The output images should be bit-accurate correct. Any conflict between the operation of this program and the definition of the image processing and image format should be seen as a bug in this program. For example, this program cannot handle very large images, which is a bug.
The metric used to evaluate this work is throughput in frames per second. Throughput is defined as the time between the first pixel of the first image entering the program, and the last pixel of the last image leaving, divided by the total number of images. Throughput measurement does not start until the first pixel enters the pipeline, so performance measurement is "on-hold" till that point. However, your program must eventually read the first pixel. Practically speaking, if your program doesn't read a pixel within one minute, it will be considered to have hung.
The program should support the full spectrum of input parameters correctly, including all image sizes and all pixel depths. However, performance is only measured for the 1-bit and 8-bit images. The images you'll process can have any pixel distribution, but they are often quite sparse, meaning a large proportion of the pixels are zero. The zero to non-zero ratio may rise to 1:1000000 for very large images, with a large amount of spatial clustering of the non-zero pixels.
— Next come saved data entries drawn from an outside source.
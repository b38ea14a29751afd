//! Tests of what is encoded by version: entries, leaves, checkpoints and proofs.

use cs_base::{Memory, Sequence, Writer};
use cs_test_samples::spend;
use cs_tx::*;
use std::alloc::Global;
use std::process::Abort;
use std::test::Fail;

/// The most bytes of a batch.
const LIMIT: usize = 16_384;

/// The most bytes of a text.
const TEXT: usize = 256;

/// The most parameters of a trace.
const PARAMETERS: u8 = 16;

// The encoding in a version is taken, and no proper prefix of it.
fn comes_back<T: Versioned>(
    rt: &impl Abort,
    alloc: Global,
    value: &T,
    version: u8,
) -> Result<(), Fail> {
    assert!(rt; version == 1 || version == 2);
    assert!(rt; value.fits(version));
    let mut out = Writer::new(alloc);
    value.encode(&mut out, version)?;
    let bytes = out.into_bytes();
    assert!(rt; T::check_form(&bytes, version).is_ok());
    let again = T::decode(alloc, &bytes, version)?.copy(alloc)?;
    assert!(rt; again.fits(version));
    let mut out = Writer::new(alloc);
    again.encode(&mut out, version)?;
    assert!(rt; out.into_bytes().as_slice() == bytes.as_slice());
    for length in 0..bytes.len() {
        let (front, _) = bytes.split_at(length);
        assert!(rt; T::check_form(front, version) == Err(FormError::BadForm));
    }
    Ok(())
}

// An entry of so many actions: a vote on the first session, and a decision on each other one.
fn entry(alloc: Global, count: u64) -> Result<Entry, Memory> {
    let mut actions = Sequence::new(alloc);
    for number in 0..count {
        let session = spend(alloc, [7; 32], 5, &[5], number)?;
        let action = if number == 0 {
            Action::Prepare(session)
        } else {
            Action::Decide(Vote::Commit, session)
        };
        actions.push(action)?;
    }
    Ok(Entry { actions })
}

#[test]
fn entries_come_back(rt: HostRuntime) -> Result<(), Fail> {
    let alloc = rt.alloc();
    comes_back(&rt, alloc, &entry(alloc, 1)?, 1)?;
    for count in [1, 2, 31, 32] {
        comes_back(&rt, alloc, &entry(alloc, count)?, 2)?;
    }
    Ok(())
}

#[test]
fn an_entry_has_one_action_or_few(rt: HostRuntime) -> Result<(), Fail> {
    let alloc = rt.alloc();
    for count in [0, 2, 32] {
        assert!(rt; !entry(alloc, count)?.fits(1));
    }
    for count in [0, 33] {
        assert!(rt; !entry(alloc, count)?.fits(2));
    }
    // Each version's bytes are none of the other's.
    let one = entry(alloc, 1)?;
    assert!(rt; one.fits(1));
    assert!(rt; one.fits(2));
    let mut out = Writer::new(alloc);
    one.encode(&mut out, 1)?;
    assert!(rt; Entry::check_form(&out.into_bytes(), 2) == Err(FormError::BadForm));
    let mut out = Writer::new(alloc);
    one.encode(&mut out, 2)?;
    assert!(rt; Entry::check_form(&out.into_bytes(), 1) == Err(FormError::BadForm));
    assert!(rt; entry_digest(alloc, &one, 1)? != entry_digest(alloc, &one, 2)?);
    Ok(())
}

// Texts of so many zeros together, each as long as can be, and at most 16 of them.
fn texts(alloc: Global, bytes: usize) -> Result<Sequence<Value>, Memory> {
    let mut texts = Sequence::new(alloc);
    let mut left = bytes;
    for _ in 0..PARAMETERS {
        let zeros = [0; TEXT];
        let text = &zeros[..left.min(TEXT)];
        texts.push(Value::Bytes(Sequence::from_vec(Vec::from_slice(alloc, text)?)))?;
        left = left.saturating_sub(TEXT);
    }
    Ok(texts)
}

// A vote on a session with so many bytes of text, in 16 texts.
fn vote(alloc: Global, bytes: usize) -> Result<Action, Memory> {
    let mut traces = Sequence::new(alloc);
    traces.push(Trace {
        contract: [7; 32],
        method: Name::from_vec(Vec::from_slice(alloc, b"m")?),
        inputs: Sequence::new(alloc),
        references: Sequence::new(alloc),
        parameters: texts(alloc, bytes)?,
        outputs: Sequence::new(alloc),
        returns: Sequence::new(alloc),
        deps: Sequence::new(alloc),
    })?;
    Ok(Action::Prepare(Session {
        tx: Tx { traces },
        number: 0,
        dummies: Sequence::new(alloc),
    }))
}

// A batch of four votes, of which the last has so many bytes of text.
fn batch(alloc: Global, bytes: usize) -> Result<Entry, Memory> {
    let mut actions = Sequence::new(alloc);
    for _ in 0..3 {
        actions.push(vote(alloc, 4_000)?)?;
    }
    actions.push(vote(alloc, bytes)?)?;
    Ok(Entry { actions })
}

// How many bytes of text fill it up to the limit.
fn text_left(rt: &impl Abort, alloc: Global) -> Result<usize, Fail> {
    let empty = batch(alloc, 0)?;
    assert!(rt; empty.fits(2));
    let mut out = Writer::new(alloc);
    empty.encode(&mut out, 2)?;
    Ok(LIMIT.saturating_sub(out.into_bytes().len()))
}

#[test]
fn a_batch_has_16384_bytes(rt: HostRuntime) -> Result<(), Fail> {
    let alloc = rt.alloc();
    let left = text_left(&rt, alloc)?;
    let full = batch(alloc, left)?;
    assert!(rt; full.fits(2));
    let mut out = Writer::new(alloc);
    full.encode(&mut out, 2)?;
    let bytes = out.into_bytes();
    assert!(rt; bytes.len() == LIMIT);
    assert!(rt; Entry::check_form(&bytes, 2).is_ok());
    assert!(rt; !batch(alloc, left.saturating_add(1))?.fits(2));
    assert!(rt; Entry::check_form(&[0; 16_385], 2) == Err(FormError::TooLong));
    assert!(rt; Entry::check_form(&[0; 8_354], 1) == Err(FormError::TooLong));
    Ok(())
}

// What covers so many leaves.
fn checkpoint(leaves: u16) -> Checkpoint {
    Checkpoint {
        shard: 3,
        number: 5,
        previous: [1; 32],
        leaf_root: [2; 32],
        table_root: [3; 32],
        leaves,
    }
}

fn leaf(alloc: Global, place: u8) -> Result<Leaf, Memory> {
    Ok(Leaf {
        slot: 81,
        place,
        action: Action::Prepare(spend(alloc, [7; 32], 5, &[5], 0)?),
        result: Effect::Voted(Vote::Commit),
    })
}

#[test]
fn leaves_and_checkpoints_come_back(rt: HostRuntime) -> Result<(), Fail> {
    let alloc = rt.alloc();
    comes_back(&rt, alloc, &leaf(alloc, 0)?, 1)?;
    comes_back(&rt, alloc, &leaf(alloc, 31)?, 2)?;
    assert!(rt; !leaf(alloc, 1)?.fits(1));
    comes_back(&rt, alloc, &checkpoint(16), 1)?;
    comes_back(&rt, alloc, &checkpoint(512), 2)?;
    assert!(rt; !checkpoint(17).fits(1));
    Ok(())
}

// A proof of the leaf at this place, with so many hashes.
fn proof(alloc: Global, place: u16, hashes: u8, leaves: u16) -> Result<Proof, Memory> {
    let mut path = Sequence::new(alloc);
    for hash in 0..hashes {
        path.push([hash; 32])?;
    }
    Ok(Proof {
        checkpoint: checkpoint(leaves),
        place,
        leaf: leaf(alloc, 0)?,
        path,
    })
}

#[test]
fn proofs_come_back(rt: HostRuntime) -> Result<(), Fail> {
    let alloc = rt.alloc();
    comes_back(&rt, alloc, &proof(alloc, 15, 4, 16)?, 1)?;
    comes_back(&rt, alloc, &proof(alloc, 511, 9, 512)?, 2)?;
    assert!(rt; !proof(alloc, 16, 4, 16)?.fits(1));
    assert!(rt; !proof(alloc, 15, 5, 16)?.fits(1));
    assert!(rt; !proof(alloc, 512, 9, 512)?.fits(2));
    assert!(rt; !proof(alloc, 511, 10, 512)?.fits(2));
    Ok(())
}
That may be useful in some cases... or not.
Your program will be tested on a number of machines, and should work correctly (if not necessarily quickly) on all of them.
Performance will be tested on the g2.2xlarge instance type (which does contain multiple CPU cores...)
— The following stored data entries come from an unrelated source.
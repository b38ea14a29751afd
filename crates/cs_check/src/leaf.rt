//! Leaves, read again.
ghost use Rattle.std.specs.Prelude.{◌≡◌, ◌<◌, All, length, slice_get, IfOk};
ghost use Rattle.cs_merkle.specs.Tree.{leaves_of_vectors};
ghost use Rattle.cs_base.specs.declared.version.Version.TheVariants.{One};
ghost use Rattle.cs_tx_types.specs.Log.{leaf_encoding, LeafFits};
ghost use Rattle.cs_check_rules.specs.Chain.{IsLeaf};

use cs_base::Memory;
use cs_tx::{Leaf, Versioned};
use std::alloc::Global;

// Bytes that encode a leaf are refused for want of memory alone.
fn decode_leaf(alloc: Global, bytes: &[u8]) -> Result<Leaf, Memory>
    requires { IsLeaf bytes.now }
    ensures { IfOk result (λ leaf. LeafFits One leaf × (bytes.now ≡ leaf_encoding One leaf)) }
{
    match Leaf::decode(alloc, bytes, 1) {
        Ok(leaf) => Ok(leaf),
        Err(_) => Err(Memory),
    }
}

/// The leaf of a slot.
pub(crate) fn read_leaf(alloc: Global, leaves: &[Vec<u8>], slot: usize) -> Result<Leaf, Memory>
    requires within { slot < length leaves.now }
    requires leaves { All IsLeaf (leaves_of_vectors leaves.now) }
    ensures fits { IfOk result (LeafFits One) }
    ensures leaf { IfOk result (λ leaf.
        slice_get (leaves_of_vectors leaves.now) slot ≡ Some (leaf_encoding One leaf)) }
{
    let leaf = decode_leaf(alloc, leaves[slot].as_slice())?;
    Ok(leaf)
}
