// The index of an accepted stream in memory: three columns filled.
//
// No public function here has a `requires`: any bytes and any columns get an answer. The stream is checked first, and
// a refusal writes nothing. Assumes nothing.
#![tactic(auto)]

mod columns;

pub use columns::fill_columns;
Performance is subordinate to correctness, so be careful when allocating buffers etc. It is always better to fall back to software if something goes wrong with OpenCL setup, rather than crashing or having the program quit.
Submission is via git, and both partners in the pair should give each other access, and ensure that their repositories are synchronised. The submission will be taken as the last git commit which is identical in both repositories (both partners have pushed and pulled between their repositories), and occurs before the deadline.
Your repository should contain:
-
aws_bootstrap.sh : A shell script which will perform any necessary system setup within a new HPCE-2014-GPU-Image instance.
-
src : contains your submitted code. You may place whatever you want in here. Your program will always be run with the "src" directory as its working directory, so you can load any kernel files from there, or from sub-directories of "src".
-
makefile : Calling
make allshould build your executable intobin/process(whether or not you use CMake or something else to do the building). -
readme.txt, readme.pdf, or readme.md : a document covering:
- What is the approach used to improve performance, in terms of algorithms, patterns, and optimisations.
- A description of any testing methodology or verification.
- A summary of how work was partitioned within the pair, including planning, design, and testing, as well as coding. This document does not need to be long, it is not a project report.
As well as the code and the document, feel free to include any other interesting artefacts, such as testing code or performance measurements. Just make sure to clean out anything large, like test images, object files, executables.
- 33% : Performance, relative to other implementations
- 33% : Correctness
- 33% : Code review (style, appropriateness of approach, readability...)
Everyone's submission will be different for this coursework, there is little chance of seeing the same code by accident. However, you can use whatever code you like from this file. You may also use third-party code, but you need to attribute it very clearly and carefully, and be able to justify why it was used - submissions created from mostly third-party code will be frowned upon, but only in terms of marks.
Any code transfer between pairs will be treated as plagiarism. I would suggest you keep your code private, not least because you are competing with the others.